Dr. Martinez is impressive, both in and out of the operating room – with an extensive resume, and skill set.  She’s currently the Director of the thoracic surgery residency program at Hospital Santa Clara, and she takes resident training seriously.  She’s also interested, and active in research, and maintains a busy surgery practice at several facilities.  There’s a lot more to say about this talented surgeon , but you’ll have to wait to read the rest.

In the OR with Dr. Javier Maldonado


Dr. Javier Maldonado, cardiac surgeon

No southern accent, per say, just a gentle, relaxed way of speaking that reminds me of home.. Went to the operating room with Dr. Javier Maldonado at Clinica Colombia this morning, for a three vessel off-pump CABG.  Everything went smooth – textbook perfect..

I followed him to the Cardiovascular ICU  and then to his cardiac clinic to see patients..

After a productive and pleasant morning (and afternoon), I raced over to Clinica Shaio to catch the end of the minimally invasive cardiac surgery symposium, and to interview Dr. Barbosa, one of the first surgeons I interviewed for the Cartagena book..

Dr. Javier Maldonado

Cardiac surgeon, Fundacion Santa Fe de Bogota, Clinica Colombia

In the OR with Dr. Buitrago, in the dentist’s chair and more


Spent the morning at Shaio, in the operating room with Dr. Ricardo Buitrago.. Either my gringa accent is improving (doubtful) or I really have become a familiar face around there..  Observed Dr. Buitrago perform a couple of cases; the second was a VATS thymectomy, which definitely ranks above the traditional sternotomy.

Dr. Buitrago, thoracic surgeon

Ran into some strangely reticent native english speakers in the halls of Shaio today.. (Usually Americans, Brits and the like get real familiar with each other when we see another..) Didn’t introduce themselves even after I made a point of introducing myself.. Something’s up over at Clinica Shaio.. Is it a medical tourism company, or an impending branding agreement?  I’ll see what I can find out.

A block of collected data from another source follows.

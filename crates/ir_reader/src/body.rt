//! The bodies of functions: blocks with labels, and their instructions.

ghost use Rattle.std.specs.Prelude.{◌≡◌, ◌<◌, length, map, fold, IfOk, OnOk, IfSome};
ghost use Rattle.ir_tree.specs.Table.{Table};
ghost use Rattle.ir_tree.specs.Naming.{Grows, name_at};
ghost use Rattle.ir_tree.specs.Shown.{shown, shown_block};
ghost use Rattle.ir_text.specs.Reading.{Reads, next_is};
ghost use Rattle.ir_text.specs.Named.{known_of, layout_in};
ghost use Rattle.ir_text.specs.MemoryTypes.{AreLaid};
ghost use Rattle.ir_instr.specs.Defined.{AreNames, AreTypes};
ghost use Rattle.ir_grammar.specs.Bodies as spec;
ghost use Rattle.ir_grammar.specs.Scopes.{result_of, after_instruction, after_block};
ghost use Rattle.ir_reader.specs.Scoping.{scope_at};
ghost use Rattle.ir_reader.specs.Behind.{behind};
ghost use Rattle.ir_text.specs.Repeated.{repeated_under};

use crate::names::new_label;
use crate::scope::Scope;
use ir_instr::instructions::instruction;
use ir_lex::token::TokenKind;
use ir_text::cursor::{Cursor, Lexeme};
use ir_text::fault::{Fault, ReadEnd};
use ir_text::layouts::TypeLayouts;
use ir_text::leaves::{is_mark, mark};
use ir_text::named::NamedTypes;
use ir_tree::instruction::Instruction;
use ir_tree::items::Block;
use ir_tree::nodes::NameId;
use ir_tree::table::Names;
use pv_base::list::List;
use pv_base::name::Name;
use pv_base::want::Memory;

/// The name of an instruction's result.
fn result_of(instruction: &Instruction) -> Option<NameId>
    ensures { result ≡ result_of instruction.now }
{
    match instruction {
        Instruction::Binary { to, .. }
        | Instruction::Cast { to, .. }
        | Instruction::Freeze { to, .. }
        | Instruction::Compare { to, .. }
        | Instruction::Select { to, .. }
        | Instruction::Phi { to, .. }
        | Instruction::Alloca { to, .. }
        | Instruction::Load { to, .. }
        | Instruction::Address { to, .. } => Some(*to),
        Instruction::Call { to, .. } => *to,
        _ => None,
    }
}

/// Notes what an instruction defines.
fn note_result(names: &Names, scope: &mut Scope, instruction: &Instruction) -> Result<(), Memory>
    requires names { AreNames names.now scope.old.defined }
    requires within { IfSome (result_of instruction.now) (λ k. k < length names.now.names) }
    ensures defines { OnOk result ((later : Table) → Grows names.now later → scope_at later scope.new ≡ after_instruction (scope_at later scope.old) (shown later instruction.now)) }
    ensures names { OnOk result (AreNames names.now scope.new.defined) }
{
    match result_of(instruction) {
        Some(name) => scope.define(names, name),
        None => Ok(()),
    }
}

/// Reads an instruction, and notes what it defines.
fn noted_instruction(
    cursor: &mut Cursor<'_>,
    names: &mut Names,
    known: &NamedTypes,
    layouts: &mut TypeLayouts,
    scope: &mut Scope,
) -> Result<Instruction, ReadEnd>
    requires names { AreNames names.old scope.old.defined }
    requires types { AreTypes names.old known.now }
    requires laid { AreLaid (layout_in known.now) names.old layouts.old }
    ensures reads { (later : Table) → Grows names.new later → Reads (shown later) cursor.new result (spec.step_at (known_of later known.now) (scope_at later scope.old) cursor.old) }
    ensures defines { IfOk result (λ i. (later : Table) → Grows names.new later → scope_at later scope.new ≡ after_instruction (scope_at later scope.old) (shown later i)) }
    ensures names { OnOk result (AreNames names.new scope.new.defined) }
    ensures laid { AreLaid (layout_in known.now) names.new layouts.new }
    ensures grows { Grows names.old names.new }
{
    let read = instruction(cursor, names, known, layouts, scope.next, &scope.defined)?;
    note_result(names, scope, &read)?;
    Ok(read)
}

/// Whether a token stands in a block, and neither begins another nor ends the body.
fn in_block(lexeme: &Lexeme<'_>) -> bool
    ensures { result ≡ spec.in_block lexeme.now }
{
    match lexeme.kind() {
        TokenKind::Label => false,
        _ => !is_mark(lexeme, b'}'),
    }
}

/// Whether an instruction of the block comes next.
#[tactic(auto, unfolding(ir_text::specs::Reading::next_is))]
fn sees_instruction(cursor: &Cursor<'_>) -> bool
    ensures { result ≡ next_is spec.in_block cursor.now }
{
    match cursor.peek() {
        None => false,
        Some(lexeme) => in_block(&lexeme),
    }
}

/// Reads the instructions of a block.
fn instructions(
    cursor: &mut Cursor<'_>,
    names: &mut Names,
    known: &NamedTypes,
    layouts: &mut TypeLayouts,
    scope: &mut Scope,
) -> Result<List<Instruction>, ReadEnd>
    requires names { AreNames names.old scope.old.defined }
    requires types { AreTypes names.old known.now }
    requires laid { AreLaid (layout_in known.now) names.old layouts.old }
    ensures reads { (later : Table) → Grows names.new later → Reads (map (shown later)) cursor.new result (spec.instructions_at (known_of later known.now) (scope_at later scope.old) cursor.old) }
    ensures defines { IfOk result (λ all. (later : Table) → Grows names.new later → scope_at later scope.new ≡ fold after_instruction (scope_at later scope.old) (map (shown later) all)) }
    ensures names { OnOk result (AreNames names.new scope.new.defined) }
    ensures laid { AreLaid (layout_in known.now) names.new layouts.new }
    ensures grows { Grows names.old names.new }
{
    let mut found = List::new(cursor.alloc());
    for turn in 0..cursor.len() {
        if !sees_instruction(cursor) {
            return Ok(found);
        }
        let read = noted_instruction(cursor, names, known, layouts, scope)?;
        found.push(read)?;
    }
    Ok(found)
}

/// Reads the instructions of a block, behind its label.
fn block_behind(
    cursor: &mut Cursor<'_>,
    names: &mut Names,
    known: &NamedTypes,
    layouts: &mut TypeLayouts,
    scope: &mut Scope,
    label: NameId,
) -> Result<Block, ReadEnd>
    requires names { AreNames names.old scope.old.defined }
    requires label { label < length names.old.names }
    requires types { AreTypes names.old known.now }
    requires laid { AreLaid (layout_in known.now) names.old layouts.old }
    ensures reads { (later : Table) → Grows names.new later → Reads (shown_block later) cursor.new result (spec.block_behind (known_of later known.now) (scope_at later scope.old) (name_at later label) cursor.old) }
    ensures defines { IfOk result (λ b. (later : Table) → Grows names.new later → scope_at later scope.new ≡ after_block (scope_at later scope.old) (shown_block later b)) }
    ensures names { OnOk result (AreNames names.new scope.new.defined) }
    ensures laid { AreLaid (layout_in known.now) names.new layouts.new }
    ensures grows { Grows names.old names.new }
{
    scope.define(names, label)?;
    let instructions = instructions(cursor, names, known, layouts, scope)?;
    Ok(Block {
        label,
        instructions,
    })
}

/// Reads a block with its label.
#[tactic(auto, using(ir_text::proofs::Later::later, crate::proofs::Keeping::keeping))]
fn block(
    cursor: &mut Cursor<'_>,
    names: &mut Names,
    known: &NamedTypes,
    layouts: &mut TypeLayouts,
    scope: &mut Scope,
) -> Result<Block, ReadEnd>
    requires names { AreNames names.old scope.old.defined }
    requires types { AreTypes names.old known.now }
    requires laid { AreLaid (layout_in known.now) names.old layouts.old }
    ensures reads { (later : Table) → Grows names.new later → Reads (shown_block later) cursor.new result (spec.block_at (known_of later known.now) (scope_at later scope.old) cursor.old) }
    ensures defines { IfOk result (λ b. (later : Table) → Grows names.new later → scope_at later scope.new ≡ after_block (scope_at later scope.old) (shown_block later b)) }
    ensures names { OnOk result (AreNames names.new scope.new.defined) }
    ensures laid { AreLaid (layout_in known.now) names.new layouts.new }
    ensures grows { Grows names.old names.new }
{
    names.is_table();
    let label = new_label(cursor, names, scope)?;
    block_behind(cursor, names, known, layouts, scope, label)
}

/// Whether a label comes next.
#[tactic(auto, unfolding(ir_text::specs::Reading::next_is))]
fn sees_label(cursor: &Cursor<'_>) -> bool
    ensures { result ≡ next_is spec.is_label cursor.now }
{
    match cursor.peek() {
        None => false,
        Some(lexeme) => match lexeme.kind() {
            TokenKind::Label => true,
            _ => false,
        },
    }
}

/// The name of a number.
#[tactic(auto, using(ir_text::proofs::Later::named))]
fn numbered(names: &mut Names, number: u64) -> Result<NameId, Memory>
    ensures shows { IfOk result (λ k. (later : Table) → Grows names.new later → name_at later k ≡ Name.Numbered number) }
    ensures within { IfOk result (λ k. k < length names.new.names) }
    ensures grows { Grows names.old names.new }
{
    names.number(Name::Numbered(number))
}

/// Reads the label of the entry block, or gives it the next number.
fn entry_label(cursor: &mut Cursor<'_>, names: &mut Names, scope: &Scope) -> Result<NameId, ReadEnd>
    requires { AreNames names.old scope.now.defined }
    ensures reads { (later : Table) → Grows names.new later → Reads (name_at later) cursor.new result (spec.entry_label_at (scope_at later scope.now) cursor.old) }
    ensures within { IfOk result (λ k. k < length names.new.names) }
    ensures grows { Grows names.old names.new }
{
    if sees_label(cursor) {
        return new_label(cursor, names, scope);
    }
    Ok(numbered(names, scope.next)?)
}

/// Reads the entry block.
#[tactic(auto, using(ir_text::proofs::Later::later, crate::proofs::Keeping::keeping))]
fn entry(
    cursor: &mut Cursor<'_>,
    names: &mut Names,
    known: &NamedTypes,
    layouts: &mut TypeLayouts,
    scope: &mut Scope,
) -> Result<Block, ReadEnd>
    requires names { AreNames names.old scope.old.defined }
    requires types { AreTypes names.old known.now }
    requires laid { AreLaid (layout_in known.now) names.old layouts.old }
    ensures reads { (later : Table) → Grows names.new later → Reads (shown_block later) cursor.new result (spec.entry_at (known_of later known.now) (scope_at later scope.old) cursor.old) }
    ensures defines { IfOk result (λ b. (later : Table) → Grows names.new later → scope_at later scope.new ≡ after_block (scope_at later scope.old) (shown_block later b)) }
    ensures names { OnOk result (AreNames names.new scope.new.defined) }
    ensures laid { AreLaid (layout_in known.now) names.new layouts.new }
    ensures grows { Grows names.old names.new }
{
    names.is_table();
    let label = entry_label(cursor, names, scope)?;
    block_behind(cursor, names, known, layouts, scope, label)
}

/// Reads the blocks behind these.
fn others(
    cursor: &mut Cursor<'_>,
    names: &mut Names,
    known: &NamedTypes,
    layouts: &mut TypeLayouts,
    scope: &mut Scope,
    mut found: List<Block>,
) -> Result<List<Block>, ReadEnd>
    requires names { AreNames names.old scope.old.defined }
    requires types { AreTypes names.old known.now }
    requires laid { AreLaid (layout_in known.now) names.old layouts.old }
    ensures reads { (later : Table) → Grows names.new later → Reads (map (shown_block later)) cursor.new result (behind (map (shown_block later) found) (repeated_under spec.is_label (spec.block_at (known_of later known.now)) after_block (scope_at later scope.old) cursor.old)) }
    ensures laid { AreLaid (layout_in known.now) names.new layouts.new }
    ensures grows { Grows names.old names.new }
{
    for turn in 0..cursor.len() {
        if !sees_label(cursor) {
            return Ok(found);
        }
        let read = block(cursor, names, known, layouts, scope)?;
        found.push(read)?;
    }
    Ok(found)
}

/// Reads the blocks of a function up to the closing brace, the entry block first.
#[tactic(auto, using(ir_text::proofs::Later::later, crate::proofs::Keeping::keeping))]
pub fn body(
    cursor: &mut Cursor<'_>,
    names: &mut Names,
    known: &NamedTypes,
    layouts: &mut TypeLayouts,
    scope: &mut Scope,
) -> Result<List<Block>, ReadEnd>
    requires names { AreNames names.old scope.old.defined }
    requires types { AreTypes names.old known.now }
    requires laid { AreLaid (layout_in known.now) names.old layouts.old }
    ensures reads { (later : Table) → Grows names.new later → Reads (map (shown_block later)) cursor.new result (spec.body_at (known_of later known.now) (scope_at later scope.old) cursor.old) }
    ensures laid { AreLaid (layout_in known.now) names.new layouts.new }
    ensures grows { Grows names.old names.new }
{
    let mut found = List::new(cursor.alloc());
    let first = entry(cursor, names, known, layouts, scope)?;
    found.push(first)?;
    let blocks = others(cursor, names, known, layouts, scope, found)?;
    mark(cursor, b'}')?;
    Ok(blocks)
}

Next I checked in with Dr. Gamboa, DDS – for those of you reading from afar – dental evaluations are completely different – they require an actual patient visit (no observation here.)  Now that all of my family, friends, classmates and housemates have served as confederates for dental visits – I knew what was next when I cracked a tooth last week.. (Just so everyone knows how dedicated I am to my research – I had several dental repairs without anesthesia of any sort.. (no local, nada).   And truthfully, it went very well.. (and my teeth look / feel great..)

Dr. Gamboa, DDS

last, but certainly not least for today was Dr. Fabian Emura, MD, PhD.  He didn’t have a lot of time today, so I am going back Wednesday so I can tell you more about him, and the Emuracenter, which is doing a lot of interesting things for the diagnosis and treatment of gastric cancers..

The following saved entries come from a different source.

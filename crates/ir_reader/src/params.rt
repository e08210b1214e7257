//! The parameters of functions.

ghost use Rattle.std.specs.Prelude.{◌≡◌, ◌<◌, [], length, map, fold, option_map, IfOk, OnOk, IfSome};
ghost use Rattle.ir_tree.specs.Table.{Table};
ghost use Rattle.ir_tree.specs.Naming.{Grows, name_at};
ghost use Rattle.ir_tree.specs.Shown.{shown_param};
ghost use Rattle.ir_text.specs.Reading.{Reads, next_is, token_by};
ghost use Rattle.ir_text.specs.Tokens.{is_points};
ghost use Rattle.ir_instr.specs.Defined.{AreNames, IsNew};
ghost use Rattle.ir_grammar.specs.Headers as spec;
ghost use Rattle.ir_grammar.specs.Scopes.{after_param};
ghost use Rattle.ir_reader.specs.Scoping.{scope_at};
ghost use Rattle.ir_reader.specs.Heads.{shown_params, shown_header, ParamWithin};

use crate::names::{defined_name, new_global};
use crate::scope::Scope;
use ir_instr::defined::Defined;
use ir_lex::token::{Cause, TokenKind};
use ir_text::cursor::{Cursor, Lexeme};
use ir_text::fault::{Fault, ReadEnd};
use ir_text::leaves::{bad, eat, mark, sees};
use ir_text::operands::sees_local;
use ir_text::passed::{Stops, words};
use ir_text::types::{register_type, result_type};
use ir_tree::items::Param;
use ir_tree::nodes::{NameId, TypeId};
use ir_tree::table::Names;
use pv_base::bytes::Bytes;
use pv_base::list::List;
use pv_base::name::Name;
use pv_base::want::Memory;

/// Parameters, and whether `...` stands behind them.
#[derive(Drop)]
pub struct Params {
    pub params: List<Param>,
    pub variadic: bool,
}

/// The name of a parameter that is written without one: none in a declaration, and else the counter's number.
#[tactic(auto, using(ir_text::proofs::Later::named))]
fn unnamed(names: &mut Names, declared: bool, next: u64) -> Result<Option<NameId>, Memory>
    ensures shows { IfOk result (λ k. (later : Table) → Grows names.new later → option_map (name_at later) k ≡ spec.unnamed declared next) }
    ensures within { IfOk result (λ k. IfSome k (λ n. n < length names.new.names)) }
    ensures grows { Grows names.old names.new }
{
    match declared {
        true => Ok(None),
        false => Ok(Some(names.number(Name::Numbered(next))?)),
    }
}

/// Reads the name of a parameter, or none.
fn param_name(
    cursor: &mut Cursor<'_>,
    names: &mut Names,
    declared: bool,
    scope: &Scope,
) -> Result<Option<NameId>, ReadEnd>
    requires { AreNames names.old scope.now.defined }
    ensures reads { (later : Table) → Grows names.new later → Reads (option_map (name_at later)) cursor.new result (spec.param_name_at declared (scope_at later scope.now) cursor.old) }
    ensures within { IfOk result (λ k. IfSome k (λ n. n < length names.new.names)) }
    ensures grows { Grows names.old names.new }
{
    if sees_local(cursor) {
        return Ok(Some(defined_name(cursor, names, scope)?));
    }
    Ok(unnamed(names, declared, scope.next)?)
}

/// Reads `T WORDS %name`, or `T WORDS`.
#[tactic(auto, using(ir_text::proofs::Later::later, ir_instr::proofs::Kept::names_kept))]
fn param(
    cursor: &mut Cursor<'_>,
    names: &mut Names,
    declared: bool,
    scope: &Scope,
) -> Result<Param, ReadEnd>
    requires { AreNames names.old scope.now.defined }
    ensures reads { (later : Table) → Grows names.new later → Reads (shown_param later) cursor.new result (spec.param_at declared (scope_at later scope.now) cursor.old) }
    ensures within { IfOk result (ParamWithin names.new) }
    ensures grows { Grows names.old names.new }
{
    let of = register_type(cursor, names)?;
    let all = Stops {
        words: &[],
        types: false,
    };
    words(cursor, &all)?;
    let name = param_name(cursor, names, declared, scope)?;
    Ok(Param { name, of })
}

/// Notes what a parameter defines.
fn note(names: &Names, scope: &mut Scope, param: Param) -> Result<(), Memory>
    requires names { AreNames names.now scope.old.defined }
    requires within { ParamWithin names.now param }
    ensures defines { OnOk result ((later : Table) → Grows names.now later → scope_at later scope.new ≡ after_param (scope_at later scope.old) (shown_param later param)) }
    ensures names { OnOk result (AreNames names.now scope.new.defined) }
{
    match param.name {
        Some(name) => scope.define(names, name),
        None => scope.count(),
    }
}

/// Whether a token is `...`.
fn is_points(lexeme: &Lexeme<'_>) -> bool
    ensures { result ≡ is_points lexeme.now }
{
    match lexeme.kind() {
        TokenKind::Punct => lexeme.bytes() == b"...".as_slice(),
        _ => false,
    }
}

/// Whether `...` comes next.
#[tactic(auto, unfolding(ir_text::specs::Reading::next_is))]
fn sees_points(cursor: &Cursor<'_>) -> bool
    ensures { result ≡ next_is is_points cursor.now }
{
    match cursor.peek() {
        None => false,
        Some(lexeme) => is_points(&lexeme),
    }
}

/// Reads `...`, which a definition has not.
#[tactic(auto, unfolding(ir_text::specs::Reading::token_by))]
fn points(cursor: &mut Cursor<'_>, declared: bool) -> Result<(), ReadEnd>
    ensures { Reads (λ x. x) cursor.new result (token_by (spec.points_by declared) cursor.old) }
{
    let lexeme = match cursor.next() {
        None => return Err(ReadEnd::Bad(Fault::Ended)),
        Some(lexeme) => lexeme,
    };
    if !declared {
        let word = Bytes::from_slice(cursor.alloc(), b"...")?;
        return Err(bad(cursor.alloc(), &lexeme, Cause::OutOfProfile(word)));
    }
    if is_points(&lexeme) {
        return Ok(());
    }
    Err(bad(cursor.alloc(), &lexeme, Cause::Operand))
}

/// Reads a parameter, and notes what it defines.
#[tactic(auto, using(ir_text::proofs::Later::later, ir_instr::proofs::Kept::names_kept))]
fn noted_param(
    cursor: &mut Cursor<'_>,
    names: &mut Names,
    declared: bool,
    scope: &mut Scope,
) -> Result<Param, ReadEnd>
    requires { AreNames names.old scope.old.defined }
    ensures reads { (later : Table) → Grows names.new later → Reads (shown_param later) cursor.new result (spec.param_at declared (scope_at later scope.old) cursor.old) }
    ensures defines { IfOk result (λ p. (later : Table) → Grows names.new later → scope_at later scope.new ≡ after_param (scope_at later scope.old) (shown_param later p)) }
    ensures names { OnOk result (AreNames names.new scope.new.defined) }
    ensures grows { Grows names.old names.new }
{
    let param = param(cursor, names, declared, scope)?;
    note(names, scope, param)?;
    Ok(param)
}

/// Reads parameters with commas between them, and `...` or nothing behind them.
fn entries(
    cursor: &mut Cursor<'_>,
    names: &mut Names,
    declared: bool,
    scope: &mut Scope,
) -> Result<Params, ReadEnd>
    requires { AreNames names.old scope.old.defined }
    ensures reads { (later : Table) → Grows names.new later → Reads (shown_params later) cursor.new result (spec.entries_to declared (length cursor.old) (scope_at later scope.old) cursor.old) }
    ensures defines { IfOk result (λ p. (later : Table) → Grows names.new later → scope_at later scope.new ≡ fold after_param (scope_at later scope.old) (map (shown_param later) p.params)) }
    ensures names { OnOk result (AreNames names.new scope.new.defined) }
    ensures grows { Grows names.old names.new }
{
    let mut params = List::new(cursor.alloc());
    for turn in 0..cursor.len() {
        if sees_points(cursor) {
            points(cursor, declared)?;
            return Ok(Params {
                params,
                variadic: true,
            });
        }
        let param = noted_param(cursor, names, declared, scope)?;
        params.push(param)?;
        if !eat(cursor, b',') {
            return Ok(Params {
                params,
                variadic: false,
            });
        }
    }
    Err(ReadEnd::Bad(Fault::Ended))
}

/// Reads parameters up to the closing parenthesis.
fn read_params(
    cursor: &mut Cursor<'_>,
    names: &mut Names,
    declared: bool,
    scope: &mut Scope,
) -> Result<Params, ReadEnd>
    requires { scope.old ≡ record { next = 0; defined = [] } }
    ensures reads { (later : Table) → Grows names.new later → Reads (shown_params later) cursor.new result (spec.params_at declared cursor.old) }
    ensures defines { IfOk result (λ p. (later : Table) → Grows names.new later → scope_at later scope.new ≡ spec.scope_of (shown_params later p)) }
    ensures names { OnOk result (AreNames names.new scope.new.defined) }
    ensures grows { Grows names.old names.new }
{
    if sees(cursor, b')') {
        mark(cursor, b')')?;
        return Ok(Params {
            params: List::new(cursor.alloc()),
            variadic: false,
        });
    }
    let params = entries(cursor, names, declared, scope)?;
    mark(cursor, b')')?;
    Ok(params)
}

/// The head of a function, and what it defines.
#[derive(Drop)]
pub struct Header {
    pub result: TypeId,
    pub name: NameId,
    pub params: Params,
    pub scope: Scope,
}

/// Reads `WORDS T @name(PARAMS)`, where these names of globals and functions were given before.
#[tactic(auto, using(ir_text::proofs::Later::later, ir_instr::proofs::Kept::names_kept))]
pub fn read_header(
    cursor: &mut Cursor<'_>,
    names: &mut Names,
    declared: bool,
    values: &Defined,
) -> Result<Header, ReadEnd>
    requires { AreNames names.old values.now }
    ensures reads { (later : Table) → Grows names.new later → Reads (shown_header later) cursor.new result (spec.header_at declared (map (name_at later) values.now) cursor.old) }
    ensures defines { IfOk result (λ h. (later : Table) → Grows names.new later → scope_at later h.scope ≡ spec.scope_of (shown_params later h.params)) }
    ensures names { IfOk result (λ h. AreNames names.new h.scope.defined) }
    ensures new { IfOk result (λ h. IsNew names.new values.now h.name) }
    ensures grows { Grows names.old names.new }
{
    let all = Stops {
        words: &[],
        types: true,
    };
    words(cursor, &all)?;
    let result = result_type(cursor, names)?;
    let name = new_global(cursor, names, values)?;
    mark(cursor, b'(')?;
    let mut scope = Scope::new(cursor.alloc());
    let params = read_params(cursor, names, declared, &mut scope)?;
    Ok(Header {
        result,
        name,
        params,
        scope,
    })
}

Plans for the upcoming week..


While I am still finalizing some of my interviews for the week – it’s looking promising, so far..

Plans to go to the OR with Dr. Buitrago (thoracic surgeon) and Dra. Stella Martinez (thoracic surgeon)

To the operating room, and interview with Dr. Maldonado (cardiac surgeon) – and we’ll see if I was just imagining that southern accent..

Interview with Dr. Fabian Emura, gastric cancer specialist, and general surgeon.

Emailed several more orthopedic surgeons and neurosurgeons, so hopefully, I’ll hear back..

Dr. Juan Fernando Ramon, Neurosurgery


Spent the morning with Dr. Juan Fernando Ramon, neurosurgeon at Hospital Centro de la Policia. (He also operates at two other hospitals). Dr. Ramon is one of only a handful of neurosurgeons in Colombia who performs neuroendoscopy.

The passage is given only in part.